Recently, some results of cryo-electron microscopy (cryo-EM) produced radii that raise further questions about (1) whether the shells of even the mature versions of the related phages, T3 and T7, are fluid in structure in solution and, therefore, (2) what radii should be used for these particles when they are used as standards for 2d-AGE. Specifically, the emptied, DNA-free shell of the T3-related phage, T7, was found by cryo-EM to be identical in radius to the DNA-filled shell of phage T7, except for a 0.08 nm outward bowing of faces of the outer, empty, icosahedral shell. The same observation was made for phage HK97 [25]. Yet, the DNA-free shell of mature T7 has been found by small angle x-ray scattering to have the radius of capsid II [22], i.e., a radius 6–7% smaller than the radius of phage T7. We (W. Jiang and P. Serwer, unpublished observations) have confirmed that MLD capsid II is no smaller than mature phage by cryo-EM, in the case of both T3 and T7. No indication exists, to our knowledge, that either the results from x-ray scattering or the results from cryo-EM are incorrect.

One possible (not proven) explanation is that (1) more than one radius exists for capsid II-like capsids in solution, (2) thermally driven fluidity of radius occurs and (3) most particles of empty capsid II-like capsids, including the emptied capsid of the phage, are selected for relatively large RE during preparation for cryo-EM, either during pre-freezing suspension of particles in a thin film (i.e., via increase of the percentage of particles at the liquid-air interface) or subsequent freezing. The small-angle x-ray scattering-determined values ofradius (Materials and Methods Section) will be used for standards here because, like the RE values of 2d-AGE, these radii were determined in (unfrozen) solution.

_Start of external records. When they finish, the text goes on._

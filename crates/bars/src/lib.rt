// Bars: the combinations of phases that must never be entered.
#![tactic(auto)]

pub mod bar;
pub mod bars;
pub mod condition;
pub mod vetting;
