use bank::interface::Bank;
use fddevs::part::{External, Mark, Output, Span};
use fddevs::refusal::{Layer, Refusal};
use scheme_file::table_bank::make;
use scheme_file::vetting::vet;
use std::test::Fail;

// Two parts: one of two phases and an input, one of one phase that is due at once.
const TWO_PARTS: [u8; 30] = [
    1, 2, 0, 16, 2, 1, 1, 0, 0, 2, 1, 0, 1, 1, 255, 255, 0, 255, 1, 0, 0, 8, 1, 0, 0, 0, 0, 0, 0,
    255,
];

// The file with another byte at one place.
fn refused(at: usize, byte: u8, refusal: Refusal) -> Result<(), Fail> {
    let mut file = TWO_PARTS;
    if let Some(place) = file.get_mut(at) {
        *place = byte;
    }
    match vet(&file) {
        Err(found) if found == refusal => Ok(()),
        other => Err(Fail::new(format_args!("{other:?} in place of {refusal:?}"))),
    }
}

#[test]
fn a_file_cut_at_any_byte_or_longer_is_not_whole(rt: HostRuntime) -> Result<(), Fail> {
    assert_eq!(rt; vet(&TWO_PARTS), Ok(()));
    for cut in 0..TWO_PARTS.len() {
        assert_eq!(rt;
            vet(&TWO_PARTS[..cut]),
            Err(Refusal::NotWhole(Layer::Scheme))
        );
    }
    let mut longer = TWO_PARTS.to_vec(rt.alloc())?;
    longer.push(0)?;
    assert_eq!(rt; vet(&longer), Err(Refusal::NotWhole(Layer::Scheme)));
    Ok(())
}

#[test]
fn heads_and_counts_are_refused_at_their_place(rt: HostRuntime) -> Result<(), Fail> {
    for (at, byte, refusal) in [
        (0, 2, Refusal::Version(Layer::Scheme)),
        (5, 2, Refusal::SectionLength(0)),
        (23, 1, Refusal::SectionLength(1)),
        (6, 17, Refusal::SectionCounts(0)),
        (24, 17, Refusal::SectionCounts(1)),
    ] {
        refused(at, byte, refusal)?;
    }
    assert_eq!(rt; vet(&[1, 0]), Err(Refusal::PartCount));
    assert_eq!(rt;
        vet(&[1, 1, 0, 4, 0, 0, 0, 0]),
        Err(Refusal::SectionCounts(0))
    );
    assert_eq!(rt;
        vet(&[0, 1, 0, 4, 0, 0, 0, 0]),
        Err(Refusal::Version(Layer::Scheme))
    );
    Ok(())
}

#[test]
fn names_of_nothing_are_refused_at_their_section() -> Result<(), Fail> {
    for (at, byte) in [
        (7, 2),
        (10, 2),
        (11, 1),
        (12, 2),
        (13, 2),
        (16, 2),
        (18, 2),
        (19, 2),
    ] {
        refused(at, byte, Refusal::SectionNames(0))?;
    }
    for (at, byte) in [(25, 1), (28, 1), (29, 0)] {
        refused(at, byte, Refusal::SectionNames(1))?;
    }
    Ok(())
}

#[test]
fn a_table_bank_answers_from_its_file(rt: HostRuntime) -> Result<(), Fail> {
    let bank = make(rt.alloc(), &TWO_PARTS)?;
    assert_eq!(rt; bank.part_count(), 2);
    assert_eq!(rt; bank.lifespan(0, 0), Some(Span::Ticks(2)));
    assert_eq!(rt; bank.lifespan(0, 1), Some(Span::Unlimited));
    assert_eq!(rt; bank.next(0, 0), Some(1));
    assert_eq!(rt; bank.output(0, 0), Some(Output::Sends(0)));
    assert_eq!(rt; bank.output(1, 0), Some(Output::Silent));
    assert_eq!(rt;
        bank.external(0, 0, 0),
        Some(External {
            next: 1,
            mark: Mark::Restart,
        })
    );
    assert_eq!(rt;
        bank.external(0, 1, 0),
        Some(External {
            next: 1,
            mark: Mark::Keep,
        })
    );
    assert_eq!(rt; bank.external(0, 0, 1), None);
    assert_eq!(rt; bank.lifespan(1, 1), None);
    assert_eq!(rt; bank.start(2), None);
    Ok(())
}

#[test]
fn a_refused_file_makes_the_idle_bank(rt: HostRuntime) -> Result<(), Fail> {
    let bank = make(rt.alloc(), &[1])?;
    assert_eq!(rt; bank.part_count(), 1);
    assert_eq!(rt; bank.lifespan(0, 0), Some(Span::Unlimited));
    assert_eq!(rt; bank.lifespan(0, 1), None);
    assert_eq!(rt; bank.external(0, 0, 0), None);
    Ok(())
}
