// Tests of banks on valid and damaged files and settings, and of the lines of a session.
#![tactic(auto)]

#[cfg(test)]
mod lines;
#[cfg(test)]
mod schemes;
#[cfg(test)]
mod timer_banks;
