use bank::interface::Bank;
use bank::pair;
use bank::pair::Pair;
use fddevs::part::{External, Mark, Span};
use fddevs::refusal::Refusal;
use std::test::Fail;
use timers::setting::Setting;
use timers::timer_bank::make;
use timers::vetting::vet;

fn of(operate: u64, hold: u64) -> Setting {
    Setting { operate, hold }
}

#[test]
fn settings_are_refused_at_their_timer(rt: HostRuntime) {
    assert_eq!(rt; vet(&[of(0, 65_534)]), Ok(()));
    assert_eq!(rt; vet(&[of(1, 1), of(65_535, 0)]), Err(Refusal::TimerTime(1)));
    assert_eq!(rt;
        vet(&[of(1, 1), of(0, 4_294_967_296), of(65_535, 0)]),
        Err(Refusal::TimerTime(1))
    );
    assert_eq!(rt; vet(&[of(65_535, 0); 17]), Err(Refusal::TimerCount));
    assert_eq!(rt; vet(&[of(1, 1); 16]), Ok(()));
    assert_eq!(rt; vet(&[]), Err(Refusal::TimerCount));
}

#[test]
fn a_pair_numbers_the_second_bank_behind_the_first(rt: HostRuntime) -> Result<(), Fail> {
    let first = make(rt.alloc(), &[of(20, 5), of(35, 6)])?;
    let second = make(rt.alloc(), &[of(7, 8)])?;
    assert_eq!(rt; pair::vet(&first, &second), Ok(()));
    let both = Pair::new(first, second);
    assert_eq!(rt; both.part_count(), 3);
    assert_eq!(rt; both.lifespan(1, 3), Some(Span::Ticks(6)));
    assert_eq!(rt; both.lifespan(2, 1), Some(Span::Ticks(7)));
    assert_eq!(rt;
        both.external(2, 3, 0),
        Some(External {
            next: 2,
            mark: Mark::Restart,
        })
    );
    assert_eq!(rt; both.start(3), None);
    Ok(())
}

#[test]
fn a_pair_over_sixteen_parts_is_its_first_bank(rt: HostRuntime) -> Result<(), Fail> {
    let first = make(rt.alloc(), &[of(20, 5); 9])?;
    let second = make(rt.alloc(), &[of(7, 8); 8])?;
    assert_eq!(rt; pair::vet(&first, &second), Err(Refusal::PairCount));
    let both = Pair::new(first, second);
    assert_eq!(rt; both.part_count(), 9);
    assert_eq!(rt; both.start(9), None);
    Ok(())
}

The RE of the larger versions of both slow and rapid T3 ipDNA-capsid II was found to be indistinguishable from the RE of MLD capsid II, by use of purified T3 capsid I and T3 MLD capsid II as standards for radius during 2d-AGE. This conclusion was drawn from comparison of the migration of the standards in Figure 5, panel i with the migration of the glutaraldehyde cross-linked ipDNA-capsids from a fraction with a density of 1.372 g/ml (Figure 5, panel ii). Figures 5, panels i and ii, show separate quadrants of the same gel. The standards include uncross-linked T3 MLD capsid II (CII in Figure 5, panel i), glutaraldehyde cross-linked T3 MLD capsid II (CII-g), uncross-linked T3 capsid I (CI) and glutaraldehyde cross-linked T3 capsid I (CI-g). Also, in Figure 5, panel i, a dashed size line has been drawn for the CI-g band (indicated by CI-g at the lower right). Inspection of Figure 5, panel i reveals no significant change in θ (and, consequently, no significant change in RE) caused by the cross-linking of either capsid I or MLD capsid II.

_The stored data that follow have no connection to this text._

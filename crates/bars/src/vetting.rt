// Whether a bar is one to take.
ghost use Rattle.std.specs.Prelude.{◌≡◌, ◌<◌, ◌↔◌, length, Ok, nat_lt};
ghost use Rattle.fddevs.specs.Vetting.{all_below, unless, Tells};
ghost use Rattle.fddevs.specs.declared.refusal.Refusal.TheVariants.{BarsFull};
ghost use Rattle.bars.specs.Bars.{stands};
ghost use Rattle.bars.specs.Meaning.{all_conditions};
ghost use Rattle.bars.specs.Rules.{KeepsBarRules, Fault};
ghost use Rattle.bars.specs.Vetting.{in_order, fits, well_formed, vetting};

use crate::bar::Bar;
use crate::condition::Condition;
use bank::interface::Bank;
use fddevs::refusal::Refusal;

fn is_in_order(conditions: &[Condition], k: usize) -> bool
    requires { k < length conditions.now }
    ensures { result ≡ in_order conditions.now k }
{
    k == 0 || conditions[k - 1].part < conditions[k].part
}

fn is_fit<B: Bank>(bank: &B, conditions: &[Condition], k: usize) -> bool
    requires { k < length conditions.now }
    ensures { result ≡ fits (B.Bank.family bank.now) conditions.now k }
{
    let condition = conditions[k];
    is_in_order(conditions, k) && bank.has_phase(condition.part, condition.phase)
}

fn are_fit<B: Bank>(bank: &B, conditions: &[Condition]) -> bool
    ensures { result ≡ all_below (fits (B.Bank.family bank.now) conditions.now) (length conditions.now) }
{
    (0..conditions.len()).all(|k| is_fit(bank, conditions, k))
}

fn is_well_formed<B: Bank>(bank: &B, conditions: &[Condition]) -> bool
    ensures { result ≡ well_formed (B.Bank.family bank.now) conditions.now }
{
    !conditions.is_empty() && conditions.len() <= 4 && are_fit(bank, conditions)
}

fn is_standing(standing: &[Bar], conditions: &[Condition]) -> bool
    ensures { result ≡ stands (all_conditions standing.now) conditions.now }
{
    standing.iter().any(|bar| bar.has_conditions(conditions))
}

fn check_room(standing: &[Bar]) -> Result<(), Refusal>
    ensures { result ≡ unless (nat_lt (length (all_conditions standing.now)) 16) BarsFull }
{
    if standing.len() < 16 {
        Ok(())
    } else {
        Err(Refusal::BarsFull)
    }
}

// The refusals in the order of their numbers.
fn check_all<B: Bank>(bank: &B, standing: &[Bar], conditions: &[Condition]) -> Result<(), Refusal>
    ensures { result ≡ vetting (B.Bank.family bank.now) (all_conditions standing.now) conditions.now }
{
    if !is_well_formed(bank, conditions) {
        return Err(Refusal::BarForm);
    }
    if is_standing(standing, conditions) {
        return Err(Refusal::BarStands);
    }
    check_room(standing)
}

// Whether a bank and the bars that stand let the bar be taken.
pub fn vet<B: Bank>(bank: &B, standing: &[Bar], conditions: &[Condition]) -> Result<(), Refusal>
    ensures answer { result ≡ vetting (B.Bank.family bank.now) (all_conditions standing.now) conditions.now }
    ensures exactly { (result ≡ Ok tt) ↔ KeepsBarRules (B.Bank.family bank.now) (all_conditions standing.now) conditions.now }
    ensures tells { Tells (Fault (B.Bank.family bank.now) (all_conditions standing.now) conditions.now) result }
{
    check_all(bank, standing, conditions)
}
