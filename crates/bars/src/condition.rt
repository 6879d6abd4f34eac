// The part is in the phase.
#[derive(Clone, Copy, PartialEq, Eq, Debug)]
pub struct Condition {
    pub part: u8,
    pub phase: u8,
}

// What a table of conditions holds past its conditions.
pub(crate) const NO_CONDITION: Condition = Condition { part: 0, phase: 0 };
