ghost use Rattle.std.specs.Prelude.{◌≡◌, length};

use crate::bar::Bar;

pub mod table;

// Room for sixteen bars: by rules of the project, bars lie in plain tables, and how many of them stand is kept with the
// verdict in a record of its own.
#[derive(Drop)]
pub struct Bars {
    table: [Bar; 16],
    ghost whole: { length table ≡ 16 },
}
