ghost use Rattle.std.specs.Prelude.{◌≡◌, ◌≤◌, length};

use crate::condition::Condition;

pub mod compare;

// A bar: a combination of phases that must never be entered, as one to four conditions with ascending parts. They are
// the first `count` of the table; a place of a table of bars that is free has none. By a rule of the project, bars lie
// in plain tables.
#[derive(Clone, Copy)]
pub struct Bar {
    table: [Condition; 4],
    count: usize,
    ghost few: { count ≤ 4 },
    ghost whole: { length table ≡ 4 },
}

The following was done to determine the radii of the slow and rapid ipDNA-capsid II in Figure 5b. First, the CI size line from Figure 5, panel i was reproduced by horizontal translation in Figure 5, panel ii. Then, inspection of Figure 5, panel ii showed directly that the RE of the larger versions of both slow and rapid ipDNA-capsid II is larger than the RE of capsid I. Finally, the same analysis was performed with the CII size line (not shown), which revealed that the larger versions of both slow and rapid ipDNA-capsid II have a RE indistinguishable from the RE of MLD capsid II (28.2 ± 0.3 nm [22]), with an accuracy of ± 0.1 nm. We note that the accuracy of the comparative 2d-AGE-based determination of differences of RE is higher than the accuracy of the absolute determination of radius by small-angle x-ray scattering.

Furthermore, Figure 5, panel ii shows that the smaller versions of both slow and rapid ipDNA-capsid II have θ larger and, therefore, RE smaller than the RE of either capsid I or MLD capsid II. Quantitative analysis, based on [21], indicates aneffective radius of 25.3 ± 0.3 nm for the smaller version of both slow and rapid ipDNA-capsid II. That is to say, the smaller version is contracted by ~11% relative to MLD capsid II and ~4% relative to capsid I.

3.6 Cross-linking of HE ipDNA-capsids

Although the particle analyzed in the current investigation is cross-linked ipDNA-capsid II, cross-linked HE ipDNA-capsids were also observed in the same samples after 2d-AGE. The HE arc was not observed in the 2.0 % second dimension gel of Figure 4a, panels i and ii, but was observed when the concentration of the second dimension gel was decreased to 1.4% during 2d-AGE (data not shown). Thus, cross-linking appears to have increased the size of the HE ipDNA-capsids. In support, some HE ipDNA-capsids in Figure 4a, panels iii and iv and in Figure 4b, panel iv (labeled HE) underwent an apparent move to a position of higher θ after cross-linking (HE in Figure 4a, panels i and ii and Figure 4b, panel ii). The corresponding value of RE is above 60 nm, but cannot be determined precisely with the current size standards.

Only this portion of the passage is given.